TASK ITEM
Write out every record again, exactly.

INFORMATION SHOWN
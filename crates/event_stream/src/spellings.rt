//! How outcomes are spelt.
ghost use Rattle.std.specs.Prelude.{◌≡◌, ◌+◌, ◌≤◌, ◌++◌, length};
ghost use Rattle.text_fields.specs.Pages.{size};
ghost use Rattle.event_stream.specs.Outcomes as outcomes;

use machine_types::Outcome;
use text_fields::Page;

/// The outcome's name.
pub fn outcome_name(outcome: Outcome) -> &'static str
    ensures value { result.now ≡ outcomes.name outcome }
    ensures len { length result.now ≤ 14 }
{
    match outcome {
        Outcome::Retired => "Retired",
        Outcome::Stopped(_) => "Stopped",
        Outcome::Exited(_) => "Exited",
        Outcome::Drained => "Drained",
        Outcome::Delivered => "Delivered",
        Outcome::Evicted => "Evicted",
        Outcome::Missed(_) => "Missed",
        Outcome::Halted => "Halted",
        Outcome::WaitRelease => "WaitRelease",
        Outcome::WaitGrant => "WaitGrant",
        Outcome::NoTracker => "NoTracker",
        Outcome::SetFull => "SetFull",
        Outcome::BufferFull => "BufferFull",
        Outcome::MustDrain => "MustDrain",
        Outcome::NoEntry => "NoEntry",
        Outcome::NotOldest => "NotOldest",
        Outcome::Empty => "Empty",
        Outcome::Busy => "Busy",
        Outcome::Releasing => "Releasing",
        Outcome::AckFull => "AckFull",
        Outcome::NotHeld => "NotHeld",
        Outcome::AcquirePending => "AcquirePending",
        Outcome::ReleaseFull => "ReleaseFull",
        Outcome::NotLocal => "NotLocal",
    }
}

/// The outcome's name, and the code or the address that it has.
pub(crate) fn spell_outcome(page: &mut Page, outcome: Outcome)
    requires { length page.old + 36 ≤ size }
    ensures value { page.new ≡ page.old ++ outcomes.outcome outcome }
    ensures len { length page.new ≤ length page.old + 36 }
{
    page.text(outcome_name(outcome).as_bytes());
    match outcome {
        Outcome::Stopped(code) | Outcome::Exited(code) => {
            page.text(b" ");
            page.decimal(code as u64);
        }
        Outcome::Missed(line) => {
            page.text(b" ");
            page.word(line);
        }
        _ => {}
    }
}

RESULT
filename crates/event_stream/src/spellings.rt
//! How outcomes are spelt.
ghost use Rattle.std.specs.Prelude.{◌≡◌, ◌+◌, ◌≤◌, ◌++◌, length};
ghost use Rattle.text_fields.specs.Pages.{size};
ghost use Rattle.event_stream.specs.Outcomes as outcomes;

use machine_types::Outcome;
use text_fields::Page;

/// The outcome's name.
pub fn outcome_name(outcome: Outcome) -> &'static str
    ensures value { result.now ≡ outcomes.name outcome }
    ensures len { length result.now ≤ 14 }
{
    match outcome {
        Outcome::Retired => "Retired",
        Outcome::Stopped(_) => "Stopped",
        Outcome::Exited(_) => "Exited",
        Outcome::Drained => "Drained",
        Outcome::Delivered => "Delivered",
        Outcome::Evicted => "Evicted",
        Outcome::Missed(_) => "Missed",
        Outcome::Halted => "Halted",
        Outcome::WaitRelease => "WaitRelease",
        Outcome::WaitGrant => "WaitGrant",
        Outcome::NoTracker => "NoTracker",
        Outcome::SetFull => "SetFull",
        Outcome::BufferFull => "BufferFull",
        Outcome::MustDrain => "MustDrain",
        Outcome::NoEntry => "NoEntry",
        Outcome::NotOldest => "NotOldest",
        Outcome::Empty => "Empty",
        Outcome::Busy => "Busy",
        Outcome::Releasing => "Releasing",
        Outcome::AckFull => "AckFull",
        Outcome::NotHeld => "NotHeld",
        Outcome::AcquirePending => "AcquirePending",
        Outcome::ReleaseFull => "ReleaseFull",
        Outcome::NotLocal => "NotLocal",
    }
}

/// The outcome's name, and the code or the address that it has.
pub(crate) fn spell_outcome(page: &mut Page, outcome: Outcome)
    requires { length page.old + 36 ≤ size }
    ensures value { page.new ≡ page.old ++ outcomes.outcome outcome }
    ensures len { length page.new ≤ length page.old + 36 }
{
    page.text(outcome_name(outcome).as_bytes());
    match outcome {
        Outcome::Stopped(code) | Outcome::Exited(code) => {
            page.text(b" ");
            page.decimal(code as u64);
        }
        Outcome::Missed(line) => {
            page.text(b" ");
            page.word(line);
        }
        _ => {}
    }
}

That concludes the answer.